If a line below includes the string "items", copy it.

(Material shown)

ghost use Rattle.std.specs.Prelude.{◌≡◌, [], get_or, IfOk};
ghost use Rattle.lola_alg.specs.Steps.{Went};
ghost use Rattle.lola_gate.specs.Gates.{gates_calls, gates_meaning};
ghost use Rattle.lola_flat.specs.Tree.{SignalTree, flat_tree};
ghost use Rattle.lola_flat.specs.Value.{env};
ghost use Rattle.lola_flat.specs.Signals.{IsSignal};
ghost use Rattle.lola_flat.specs.Formed.{IsKind, IsFormed};
ghost use Rattle.lola_eval.specs.Steps.{signals_step, next_step};
ghost use Rattle.lola_eval.specs.Means.{AreGivenBits, AreSignalBits, EnvKnown, MeansCycle, MeansNext};

use lola_alg::AlgError;
use lola_bits::Seq;
use lola_flat::{Flat, SigKind};
use lola_gate::Gates;
use std::alloc::Global;

/// The literals of all signals of a well formed design, by their numbers: made in the order of its equations, so that
/// under every assignment they mean the values of the design's cycle. `given` has the literals of the elements of each
/// input but the clock and of each register, and `outside` those of each pad from outside, by the numbers of signals.
/// A pad is the choice of its release, outside value and value. `Full` comes exactly where one of the steps has no
/// place for its gate, and `Memory` for want of memory.
pub fn lower_signals(
    alloc: Global,
    gates: &mut Gates,
    flat: &Flat,
    given: Vec<Seq<Seq<u32>>>,
    outside: &[Seq<u32>],
) -> Result<Vec<Seq<Seq<u32>>>, AlgError>
    requires formed { IsFormed (flat_tree flat.now) }
    requires given { AreGivenBits (flat_tree flat.now) (env given.items outside.now) }
    requires known { EnvKnown gates_meaning gates.old (env given.items outside.now) }
    ensures steps { Went (λ v. v.items) (signals_step gates_calls (flat_tree flat.now) (env given.items outside.now) flat.now.order gates.old) gates.new result }
    ensures means { IfOk result (λ made. MeansCycle gates_meaning (flat_tree flat.now) (env given.items outside.now) gates.old gates.new made.items) }
{
    lola_eval::lower_signals(alloc, gates, flat, given, outside)
}

/// The literals of a register of a well formed design behind a cycle: by its steps, so that under every assignment
/// they mean its next value. `signals` has the literals of all signals, as `lower_signals` answers them. `Full` comes
/// exactly where one of the steps has no place for its gate, and `Memory` for want of memory.
pub fn lower_next(
    alloc: Global,
    gates: &mut Gates,
    flat: &Flat,
    register: u32,
    signals: &[Seq<Seq<u32>>],
) -> Result<Seq<Seq<u32>>, AlgError>
    requires formed { IsFormed (flat_tree flat.now) }
    requires register { IsKind (flat_tree flat.now) register SigKind.Register }
    requires signals { AreSignalBits (flat_tree flat.now) signals.now }
    requires known { EnvKnown gates_meaning gates.old (env signals.now []) }
    ensures steps { (s : SignalTree) → IsSignal (flat_tree flat.now) register s → Went (λ v. v) (next_step gates_calls (env signals.now []) s.place s.equation (get_or signals.now register []) gates.old) gates.new result }
    ensures means { (s : SignalTree) → IsSignal (flat_tree flat.now) register s → IfOk result (λ made. MeansNext gates_meaning (flat_tree flat.now) (env signals.now []) register s gates.old gates.new made) }
{
    lola_eval::lower_next(alloc, gates, flat, register, signals)
}
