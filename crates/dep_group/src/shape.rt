ghost use Rattle.std.specs.List.{list_any};
ghost use Rattle.std.specs.Prelude.{◌≡◌, false};
ghost use Rattle.dep_group.specs.Shapes.{IsCondition, asks, condition, denies, has_parenthesis};
ghost use Rattle.dep_group.specs.Shapes.{is_glued, is_parenthesis, shape, stays_inside};

/// What a word is to a text of groups.
#[derive(Debug, Drop, Clone, Copy, PartialEq, Eq)]
pub enum Shape {
    /// `(`
    Opens,
    /// `)`
    Closes,
    /// A parenthesis glued to other text, outside brackets that keep it.
    Glued,
    /// `||`
    AnyOf,
    /// `^^`
    ExactlyOne,
    /// `??`
    AtMostOne,
    /// `flag?`, or `!flag?` where it is not on. Whether the flag is a flag is not looked at.
    When { on: bool },
    /// Anything else.
    Item,
}

/// What the word is. Where words may have brackets, these keep the parentheses in them.
pub fn shape_of(word: &str, brackets: bool) -> Shape
    ensures { result ≡ shape brackets word.now }
{
    let bytes = word.as_bytes();
    if word == "(" {
        Shape::Opens
    } else if word == ")" {
        Shape::Closes
    } else if is_glued(bytes, brackets) {
        Shape::Glued
    } else if word == "||" {
        Shape::AnyOf
    } else if word == "^^" {
        Shape::ExactlyOne
    } else if word == "??" {
        Shape::AtMostOne
    } else if asks(bytes) {
        Shape::When { on: !denies(bytes) }
    } else {
        Shape::Item
    }
}

/// The flag in the condition `flag?`, or `!flag?` where it is not on.
pub fn flag_of(word: &str, on: bool) -> &str
    requires { IsCondition word.now on }
    ensures { word.now ≡ condition result.now on }
{
    let end = word.len() - 1;
    if on { &word[..end] } else { &word[1..end] }
}

fn is_glued(bytes: &[u8], brackets: bool) -> bool
    ensures { result ≡ is_glued brackets bytes.now }
{
    if brackets {
        has_parenthesis(bytes)
    } else {
        has_any_parenthesis(bytes)
    }
}

fn has_any_parenthesis(bytes: &[u8]) -> bool
    ensures { result ≡ list_any is_parenthesis bytes.now }
{
    bytes.iter().any(|b| is_parenthesis(*b))
}

/// Whether a parenthesis stands outside brackets.
fn has_parenthesis(bytes: &[u8]) -> bool
    ensures { result ≡ has_parenthesis false bytes.now }
{
    let mut inside = false;
    for b in bytes {
        if !inside && is_parenthesis(*b) {
            return true;
        }
        inside = *b == b'[' || inside && *b != b']';
    }
    false
}

fn is_parenthesis(b: u8) -> bool
    ensures { result ≡ is_parenthesis b }
{
    b == b'(' || b == b')'
}

fn asks(bytes: &[u8]) -> bool
    ensures { result ≡ asks bytes.now }
{
    match bytes {
        [.., last] => *last == b'?',
        [] => false,
    }
}

fn denies(bytes: &[u8]) -> bool
    ensures { result ≡ denies bytes.now }
{
    match bytes {
        [first, ..] => *first == b'!',
        [] => false,
    }
}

(End Material shown)

Solution below →
    requires given { AreGivenBits (flat_tree flat.now) (env given.items outside.now) }
    requires known { EnvKnown gates_meaning gates.old (env given.items outside.now) }
    ensures steps { Went (λ v. v.items) (signals_step gates_calls (flat_tree flat.now) (env given.items outside.now) flat.now.order gates.old) gates.new result }
    ensures means { IfOk result (λ made. MeansCycle gates_meaning (flat_tree flat.now) (env given.items outside.now) gates.old gates.new made.items) }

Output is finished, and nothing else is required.